F.Anaerobic respiration

  Anaerobic respiration first studied by Kostychev (1902), Anaerobic respiration is an enzyme-controlled, partial break down of organic compounds (food) without using oxygen and releasing only a fraction of the energy. It is also called intra-molecular respiration (Pfluger, 1875). Anaerobic respiration occurs in the roots of some water-logged plants, certain parasitic worms (Ascaris and Taenia), animal muscle and some microorganisms (bacteria, moulds). In microorganisms anaerobic respiration is often called fermentation.

    Higher organism like plants can not perform anaerobic respiration for long. It is toxic because accumulation of end products, insufficient amount of available energy and causes stoppage of many active process.
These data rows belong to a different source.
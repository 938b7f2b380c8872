//! Rows at the limits of one value: its size and its depth.
use super::answers::{FACTS, assigned};
use pp_value::{Value, ValueFault, add, size};
use rh_base::{Boxed, NoMemory, Seq, Text};
use std::alloc::Global;
use std::test::Fail;
use test_rows::{boxes, joined, number_text, same_at};

fn with_name(alloc: Global, kind: &str, rest: &str) -> Result<String, NoMemory> {
    match rest.split_once(": ") {
        Some((_, name)) => joined(alloc, &[kind, " ", name]),
        None => joined(alloc, &[kind]),
    }
}

/// What stands before the first blank of a value, or a whole refusal, whose place isn't told.
fn kind_in(alloc: Global, answer: &str) -> Result<String, NoMemory> {
    match answer.split_once(' ') {
        Some((kind, rest)) => with_name(alloc, kind, rest),
        None => joined(alloc, &[answer]),
    }
}

/// The kind of the value that is assigned to `$r`, or the refusal.
fn kind_assigned(alloc: Global, text: &str) -> Result<String, Fail> {
    let answer = assigned(alloc, FACTS, text)?;
    Ok(kind_in(alloc, answer.as_str())?)
}

/// A text that is assigned to `$a`, of so many bytes, and what stands behind.
fn behind_long(alloc: Global, bytes: usize, text: &str) -> Result<String, NoMemory> {
    let letters = "x".repeat(alloc, bytes)?;
    joined(alloc, &["$a = '", letters.as_str(), "' ", text])
}

fn kind_behind_long(alloc: Global, bytes: usize, text: &str) -> Result<String, Fail> {
    let manifest = behind_long(alloc, bytes, text)?;
    kind_assigned(alloc, manifest.as_str())
}

fn is_behind_long(alloc: Global, bytes: usize, text: &str, want: &str) -> Result<(), Fail> {
    let kind = kind_behind_long(alloc, bytes, text)?;
    same_at(alloc, bytes as u64, text, kind.as_str(), want)
}

/// Each row: so many bytes of `$a`, what is assigned behind it, and its kind, or the refusal.
fn are_behind_long(alloc: Global, rows: &[(usize, &str, &str)]) -> Result<(), Fail> {
    for (bytes, text, want) in rows {
        is_behind_long(alloc, *bytes, *text, *want)?;
    }
    Ok(())
}

#[test]
fn a_value_has_a_greatest_size(rt: HostRuntime) -> Result<(), Fail> {
    are_behind_long(
        rt.alloc(),
        &[
            (131_070, "$r = [$a] + [$a]", "list"),
            (131_071, "$r = [$a] + [$a]", "32 value"),
            (131_070, "$r = [$a, $a]", "list"),
            (131_071, "$r = [$a, $a]", "32 value"),
            (131_071, "$r = [$a, $a, $z]", "20 $z"),
            (131_071, "$r = \"${a}${a}\"", "text"),
            (131_072, "$r = \"${a}${a}\"", "32 value"),
            (131_072, "$r = \"${a}${a}${z}\"", "32 value"),
            (262_143, "$r = $a", "text"),
            (262_144, "$r = 1", "32 value"),
            (131_068, "$r = {'a' => $a} + {'b' => $a}", "map"),
            (131_069, "$r = {'a' => $a} + {'b' => $a}", "32 value"),
            (131_068, "$r = {'a' => $a, 'b' => $a}", "map"),
            (131_069, "$r = {'a' => $a, 'b' => $a}", "32 value"),
            (262_139, "$r = File[$a]", "reference"),
            (262_140, "$r = File[$a]", "32 value"),
        ],
    )
}

/// One text of so many bytes.
fn items_of(alloc: Global, bytes: usize) -> Result<Seq<Value>, NoMemory> {
    let mut items = Seq::new(alloc);
    items.push(Value::Str(Text::from_string("x".repeat(alloc, bytes)?)))?;
    Ok(items)
}

/// A list of one text of so many bytes.
fn list_of(alloc: Global, bytes: usize) -> Result<Value, Fail> {
    Ok(Value::list(alloc, items_of(alloc, bytes)?)?)
}

/// The size of a sum.
fn size_told(alloc: Global, sum: &Result<Value, ValueFault>) -> Result<String, NoMemory> {
    match sum {
        Ok(both) => number_text(alloc, size(both)),
        Err(ValueFault::Large) => joined(alloc, &["too large"]),
        Err(_) => joined(alloc, &["another fault"]),
    }
}

/// The size of a list of one text of so many bytes, joined with another.
fn size_with(alloc: Global, bytes: usize, other: &Value) -> Result<String, Fail> {
    let list = list_of(alloc, bytes)?;
    let sum = Boxed::new(alloc, add(alloc, list, other))?;
    Ok(size_told(alloc, sum.get())?)
}

/// The size of such a list joined with itself.
fn size_twice(alloc: Global, bytes: usize) -> Result<String, Fail> {
    let list = Boxed::new(alloc, list_of(alloc, bytes)?)?;
    size_with(alloc, bytes, list.get())
}

fn is_joined(alloc: Global, bytes: usize, want: &str) -> Result<(), Fail> {
    let size = size_twice(alloc, bytes)?;
    same_at(alloc, bytes as u64, "bytes", size.as_str(), want)
}

#[test]
fn a_sum_of_the_greatest_size(rt: HostRuntime) -> Result<(), Fail> {
    is_joined(rt.alloc(), 131_070, "262143")
}

#[test]
fn a_sum_that_is_too_large(rt: HostRuntime) -> Result<(), Fail> {
    is_joined(rt.alloc(), 131_071, "too large")
}

/// Lists within one another, the outermost of which is `$a` and its number.
fn last_of(alloc: Global, lists: &str, levels: usize, last: &str) -> Result<String, NoMemory> {
    let number = number_text(alloc, levels as u64)?;
    joined(alloc, &[lists, "$b = $a", number.as_str(), " ", last])
}

/// A list of lists of so many levels, which is assigned to `$b`, and what stands behind.
fn behind_lists(alloc: Global, levels: usize, last: &str) -> Result<String, NoMemory> {
    let lists = boxes(alloc, levels)?;
    last_of(alloc, lists.as_str(), levels, last)
}

fn kind_behind_lists(alloc: Global, levels: usize, last: &str) -> Result<String, Fail> {
    let manifest = behind_lists(alloc, levels, last)?;
    kind_assigned(alloc, manifest.as_str())
}

fn is_behind_lists(alloc: Global, levels: usize, last: &str, want: &str) -> Result<(), Fail> {
    let kind = kind_behind_lists(alloc, levels, last)?;
    same_at(alloc, levels as u64, last, kind.as_str(), want)
}

/// Each row: so many levels of `$b`, what is assigned behind it, and its kind, or the refusal.
fn are_behind_lists(alloc: Global, rows: &[(usize, &str, &str)]) -> Result<(), Fail> {
    for (levels, last, want) in rows {
        is_behind_lists(alloc, *levels, *last, *want)?;
    }
    Ok(())
}

#[test]
fn a_value_nests_a_thousand_levels(rt: HostRuntime) -> Result<(), Fail> {
    are_behind_lists(
        rt.alloc(),
        &[
            (999, "$r = [$b]", "list"),
            (1_000, "$r = [$b]", "32 value"),
            (999, "$r = {'k' => $b}", "map"),
            (1_000, "$r = {'k' => $b}", "32 value"),
            (1_000, "$r = $b == $b", "truth"),
            (1_000, "$r = \"${b}\"", "text"),
        ],
    )
}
    (1) Process of anaerobic respiration : In this process pyruvate which is formed by glycolysis is metabolised into ethyl alcohol or lactic acid and CO2 in the absence of oxygen. Glycolysis is occurs in cytoplasm so the site of anaerobic respiration is cytoplasm.

    C6H12O6 → 2C2H5OH + 2CO2 + 52 Kcal/218.4 kJ

    (i) Formation of ethyl alcohol :  When oxygen is not available, yeast and some other microbes convert pyruvic acid into ethyl alcohol. This is two step process as explained below

    (a) In the first step pyruvic acid is decarboxylated to yield acetaldehyde and CO2. In the presence of Mg++ and TPP (Thiamine pyrophosphate) pyruvate carboxylase.
 

    (b) In the second step acetaldehyde is reduced to ethyl alcohol by NADH2 formed in the glycolysis.

    (ii)Production of lactic acid : In this process hydrogen atoms removed from the glucose molecule during glycolysis are added to pyruvic acid molecule and thus lactic acid is formed.

Lactic acid is produced in the muscle cells of human beings and other animals. During strenuous physical activity such as running, the amount of oxygen delivered to the muscle cells may be insufficient to keep pace with that of cellular respiration. Under such circumstances lactic acid is formed which accumulates in the muscle cells and causes muscle fatigue.